-- Listed entries follows --

ghost use Rattle.std.specs.Prelude.{◌≡◌, ◌<◌, length, IfOk, OnOk, OnErr};
ghost use Rattle.ug_problem.specs.Instances.{root_of};
ghost use Rattle.ug_ranks.specs.States.{state_at};
ghost use Rattle.ug_rules.specs.State.{BookState};
ghost use Rattle.ug_rules.specs.Hearing.{handed_at};
ghost use Rattle.ug_stock.specs.Hands.{CanBeTaken, IsHandTaken, IsLineOfNext, IsNothingTaken, IsWorking};
ghost use Rattle.ug_stock.specs.Frontiers.{HasRoom, with_frontier};

use crate::frontier::Frontier;
use crate::run::Run;
use std::alloc::{AllocError, Global};
use ug_nodes::{Changes, Line, Name, Node, area_of};
use ug_pool::{OpenNodes, Pool};
use ug_ranks::{Ranks, State};

impl Frontier {
    /// Takes a hand of a rank that works: a node with these changes is in the pool, with its floor,
    /// and its box is noted. The pool gets room for one node more than can be out: one of each
    /// rank, and one that is raced; so none need be counted. After an error nothing has changed.
    pub fn take_hand(&mut self, run: &Run, rank: u32, changes: Changes) -> Result<(), AllocError>
        requires hand { CanBeTaken run.now rank changes self.old.ranks }
        requires room { HasRoom self.old }
        ensures ok { OnOk result ((b : BookState) → b.problem ≡ run.now.problem
            → with_frontier b self.new
            ≡ handed_at (state_at self.old.ranks rank) rank changes (with_frontier b self.old)) }
        ensures err { OnErr result ((b : BookState)
            → with_frontier b self.new ≡ with_frontier b self.old) }
        ensures room { HasRoom self.new }
    {
        self.pool.reserve(self.ranks.as_slice().len() + 2)?;
        take(run, &mut self.ranks, &mut self.pool, rank, changes)
    }
}

// The same, in a place of the pool that is spare. All memory is taken before anything changes.
fn take(
    run: &Run,
    ranks: &mut Ranks,
    pool: &mut Pool,
    rank: u32,
    changes: Changes,
) -> Result<(), AllocError>
    requires hand { CanBeTaken run.now rank changes ranks.old }
    requires room { 0 < pool.old.spare }
    ensures ok { OnOk result (IsHandTaken run.now.problem.objective (root_of run.now.problem)
        rank changes ranks.old pool.old ranks.new pool.new) }
    ensures err { OnErr result (IsNothingTaken ranks.old pool.old ranks.new pool.new) }
{
    let line = child_line(run.alloc, ranks, rank)?;
    let floor = run.floor_of(&changes);
    let Ok(area) = area_of(run.alloc, run.problem.problem().root(), &changes) else {
        return Err(AllocError);
    };
    let taken = ranks.take(rank, &area);
    drop(area);
    taken?;
    pool.put(Node { line, changes }, floor);
    Ok(())
}

// The line of the next hand.
fn child_line(alloc: Global, ranks: &Ranks, rank: u32) -> Result<Line, AllocError>
    requires there { rank < length ranks.now }
    requires working { IsWorking (state_at ranks.now rank) }
    ensures { IfOk result (λ line. IsLineOfNext (state_at ranks.now rank) line) }
{
    match ranks.state(rank) {
        State::Active(work) => {
            let hand = work.taken.len() as u64;
            let ticket = work.ticket;
            work.node.line.child(alloc, Name { ticket, hand })
        }
        State::Absent | State::Idle | State::Racing(_) | State::Dead(_) => Err(AllocError),
    }
}
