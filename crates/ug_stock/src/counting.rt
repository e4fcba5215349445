ghost use Rattle.std.specs.Prelude.{◌≡◌, ◌<◌, ◌+◌, ◌^◌, length};
ghost use Rattle.ug_rules.specs.State.{node_at};
ghost use Rattle.ug_rules.specs.Ranks.{rank_if};
ghost use Rattle.ug_ranks.specs.Looks.{is_absent, is_idle};
ghost use Rattle.ug_stock.specs.Counting.{AreCounted};

use ug_ranks::{Ranks, State};

/// How many ranks are absent, idle, and at work.
#[derive(Clone, Copy)]
pub struct Counts {
    pub absent: usize,
    pub idle: usize,
    pub working: usize,
}

/// How many ranks are absent, idle, and at work.
pub fn count(ranks: &Ranks) -> Counts
    ensures counted { AreCounted ranks.now result }
    ensures idle { result.idle < 2 ^ 32 }
    ensures working { result.working < 2 ^ 32 }
{
    let mut counts = Counts {
        absent: 0,
        idle: 0,
        working: 0,
    };
    for state in ranks.as_slice() {
        counts = with_one(counts, state);
    }
    counts
}

// One rank more, which is in this state.
fn with_one(counts: Counts, state: &State) -> Counts
    requires absent { counts.absent + 1 < 2 ^ 64 }
    requires idle { counts.idle + 1 < 2 ^ 64 }
    requires working { counts.working + 1 < 2 ^ 64 }
    ensures absent { result.absent ≡ counts.absent + length (rank_if is_absent 0 state.now) }
    ensures idle { result.idle ≡ counts.idle + length (rank_if is_idle 0 state.now) }
    ensures working { result.working ≡ counts.working + length (node_at state.now) }
{
    let mut counts = counts;
    match state {
        State::Absent => counts.absent += 1,
        State::Idle => counts.idle += 1,
        State::Active(_) => counts.working += 1,
        State::Racing(_) | State::Dead(_) => {}
    }
    counts
}
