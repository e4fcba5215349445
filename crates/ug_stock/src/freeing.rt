ghost use Rattle.std.specs.Prelude.{◌≡◌, ◌<◌, length, slice_set, if◌then◌else◌};
ghost use Rattle.ug_ranks.specs.States.{state_at};
ghost use Rattle.ug_ranks.specs.declared.state.State.TheVariants.{Idle};
ghost use Rattle.ug_rules.specs.Ranks.{racers_freed};
ghost use Rattle.ug_ranks.specs.Looks.{is_racing};

use ug_ranks::Ranks;

/// Each racer is idle.
pub fn free_racers(ranks: &mut Ranks)
    ensures { ranks.new ≡ racers_freed ranks.old }
{
    for rank in 0..ranks.as_slice().len() as u32 {
        free_one(ranks, rank);
    }
}

// A racer is idle.
#[tactic(auto, using(crate::proofs::Freed::kept_one))]
fn free_one(ranks: &mut Ranks, rank: u32)
    requires { rank < length ranks.old }
    ensures { ranks.new ≡ slice_set ranks.old rank
        (if is_racing (state_at ranks.old rank) then Idle else state_at ranks.old rank) }
{
    if ranks.state(rank).is_racing() {
        let _ = ranks.free(rank);
    }
}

-- Listed entries concluded --

● What to work on
Each line in the listing above that includes the word "Looks" needs to be copied out.

● Finished task
ghost use Rattle.ug_ranks.specs.Looks.{is_absent, is_idle};
ghost use Rattle.ug_ranks.specs.Looks.{is_racing};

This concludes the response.